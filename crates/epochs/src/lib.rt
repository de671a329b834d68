//! The epochs of a chain that one process runs, and the connections that wait for them.
//!
//! A [`Switchboard`] is shared by all threads of the process. It says which epochs run, by the
//! rules of [`chain`]; a connection is handed to its epoch's [`Inbox`], or parked until that epoch
//! runs. [`slot_line`] reads the slot of a client's line.
#![tactic(auto)]

mod asks;
mod board;
mod inbox;
mod running;
mod said;
mod state;
mod turning;
mod verdicts;

pub use board::{Doors, Halt, Onward, Report, Stored, Switchboard};
pub use inbox::{Arrival, Inbox};
pub use said::{MOST, Said};
pub use turning::{
    SlotLine, Verb, asks_epochs, asks_standing, epochs_reply, follow_line, slot_line,
};
pub use verdicts::Verdicts;
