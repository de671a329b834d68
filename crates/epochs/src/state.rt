//! The state that the switchboard guards: begin at `State`.

ghost use Rattle.std.specs.Prelude.{ℕ, ◌≡◌, ◌≢◌, ◌↔◌, ◌^◌, ◌⊎◌, ◌<◌, ◌≤◌, ◌==◌, ◌&&◌, ◌+◌, Bool, true, false, not, max, None, Some, [], ◌∷◌, ◌++◌, All, Contains, IfOk, IfSome, IsTrue, OnErr, OnOk, filter, drop, if◌then◌else◌, length, map, nat_le, nat_lt, slice_get, take};
ghost use Rattle.std.specs.Borrow.{Bor};
ghost use Rattle.std.specs.List.{list_any};
ghost use Rattle.std.specs.Option.{option_map, option_map_or};
ghost use Rattle.chain.specs.Opening.{IsOpenEpoch};
ghost use Rattle.chain.specs.Slots.{chain_size};
ghost use Rattle.chain.specs.declared.opening.Ask.{Ask};
ghost use Rattle.chain.specs.declared.opening.Known.{Known};
ghost use Rattle.epochs.specs.Asking.{HasFewAsks, asks_by, tells_next};
ghost use Rattle.epochs.specs.Asks.{heard_since, not_asked, not_for, standing};
ghost use Rattle.epochs.specs.Opens.{IsAwaited, IsDue, IsKept, IsKnown, IsMadeFor, IsMissed, IsToMakeUp, MayRun, WasLeftOut, first_open, has_gone_quiet, has_room, is_busy, is_made_up_for, least, made_up_for, next_change, runs, ticked};
ghost use Rattle.epochs.specs.Parking.{WaitOn, is_patient, place_of, waiting_elsewhere};
ghost use Rattle.epochs.specs.Reports.{noted, readied, running_elsewhere, running_in};
ghost use Rattle.epochs.specs.Verdicts.{IsUntouched, has_begun, has_open, verdict_at};
ghost use Rattle.epochs.specs.declared.asks.TheConstants.{ASKS};
ghost use Rattle.epochs.specs.declared.board.Doors.{Doors};
ghost use Rattle.epochs.specs.declared.verdicts.Verdicts.{Verdicts};
ghost use Rattle.epochs.specs.declared.board.Onward.TheVariants.{Await, Move, Pass, Stay, Tell};
ghost use Rattle.epochs.specs.declared.board.Stored.TheVariants.{Ahead, Decided, Far, Gone, Open};
ghost use Rattle.epochs.specs.declared.state.Place.TheVariants as place;
ghost use Rattle.epochs.specs.declared.state.Parked.{Parked};
ghost use Rattle.epochs.specs.declared.state.TheConstants.{AHEAD, MOST, OWN, PARKED};
ghost use Rattle.epochs.specs.declared.running.TheConstants.{QUIET};

use crate::asks::Asks;
use crate::board::{Doors, Onward, Report, Stored};
use crate::inbox::Arrival;
use crate::running::{QUIET, Running, is_quiet, note_ready, note_report, place_in};
use crate::verdicts::Verdicts;
use chain::{Ask, Chain, Known};
use std::alloc::Global;
use std::sync::Wait;
use terms::Memory;

/// The most epochs that run when another one behind the newest begins.
const MOST: usize = 16;

/// The most epochs behind the newest in which something happens when another one begins.
const BEHIND: usize = 4;

/// The most of them that begin to run only because they aren't done here. The others are for peers:
/// else members that each miss other epochs could wait for one another.
const OWN: usize = 2;

/// The epochs past the newest for which a proposal is taken.
const AHEAD: u64 = 64;

/// The most connections that wait for epochs that don't run yet.
const PARKED: usize = 128;

/// The seconds for which a link waits for its epoch.
const LINK_PATIENCE: u64 = 4;

/// The seconds for which a client waits for its epoch.
const CLIENT_PATIENCE: u64 = 30;

/// The place to which a connection goes.
pub(crate) enum Place<'a> {
    /// The epoch runs, and these are its doors.
    Runs(&'a Doors),
    /// The epoch is to run, and doesn't yet.
    IsDue,
    /// The epoch isn't to run.
    Nowhere,
}

/// The state that the switchboard guards.
#[derive(Drop)]
pub(crate) struct State {
    /// The newest epoch with a proposal or a decision of this member; 0 before the first.
    pub(crate) newest: u64,
    /// The number of changes so far, for those that wait for one.
    pub(crate) changes: u64,
    verdicts: Vec<Verdicts>,
    running: Vec<Running>,
    /// The epochs behind the newest that aren't done.
    undone: Vec<u64>,
    asks: Asks,
    parked: Vec<Parked>,
    alloc: Global,
}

------------------------------------------------------------

- _Task description_
Some lines of the data above may hold the word "Arrival"; state how many do, and give only that number.

- _Solution for this exercise_
2